The Swiss heroin experiment was born out of desperation. In the mid-1980s, the Swiss government became disenchanted with drug treatment and turned to a policy of sanctioned drug use in designated open areas. But this was unsuccessful; the most visible failures being the squalid deterioration of Zurich’s Platzspitz Park (the notorious “Needle Park”) and the syringe-littered Letten railway station.

It is telling that harm reduction efforts have evolved in countries that provide addicts with a wide array of government benefits. Rather than throw up their hands at the poor record of drug rehabilitation, the Swiss and others should acknowledge the extent to which welfare services enable addiction by shielding addicts from the consequences of their actions, financing their drug purchases and encouraging dependency on public largesse.

Nonetheless, Switzerland has ardently embraced heroin maintenance. The Federal Office of Public Health plans to triple enrollment next year to about 3,000; and in 2004 the Swiss Parliament plans to decriminalize consumption, possession and sale of narcotics for personal use.

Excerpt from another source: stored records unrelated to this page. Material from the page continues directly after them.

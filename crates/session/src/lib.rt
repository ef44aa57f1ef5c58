// Sessions over any phase point and any coin source.
#![tactic(auto)]

pub mod playing;
pub mod session;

Not everyone shares Bern’s enthusiasm. Wayne Hall of Australia’s University of New South Wales was an independent evaluator for the World Health Organization who assessed the experimental plan of the Swiss project. “The unique political context . . . of the trials . . . meant that opportunities were lost for a more rigorous evaluation,” he wrote. In February, the International Narcotics Control Board of the United Nations — a quasijudicial body that monitors international drug treaties — expressed concern that “before {completion of} the evaluation by the World Health Organization of the Swiss heroin experiment, pressure groups and some politicians are already promoting the expansion of such programmes in Switzerland and their proliferation in other countries.”

And indeed, the trials’ principal investigator and project directors have traveled to Australia, Austria, Germany, the Netherlands and elsewhere promoting heroin maintenance. They won a sympathetic hearing in the Netherlands, which plans to begin a heroin experiment next month. This isn’t surprising; after all, this is a country that has a union for addicts, the Federation of Dutch Junkie Leagues, which lobbies the government for services. In Rotterdam last month, I visited a Dutch Reformed church where the pastor had invited two dealers in to sell discounted heroin and cocaine. He also provided basement rooms where users could inject or smoke heroin.

Even if heroin maintenance “worked” — if it could be proved that heroin giveaways enhanced the addicts’ health and productivity — we would still have to confront the raw truth about harm reduction. It is the public-policy manifestation of the addict’s dearest wish: to use free drugs without consequence. Imagine extending this model — the use of state-subsidized drugs, the offer of endless social services and the expectation of nothing in return — to America’s hard-core addicts.

Today the U.N. General Assembly opens a special session on global drug-control policy. Harm reduction advocates will tell the world body that drug abuse is a human right and that the only compassionate response is to make it safer to be an addict. The Swiss and the Dutch seem to view addicts as irascible children who should be indulged, or as terminally ill patients to be palliated, hidden away and written off. But heroin maintenance is wrong. As an experiment, thus far it is scientifically groundless. As public-health policy it will always be a posture of surrender.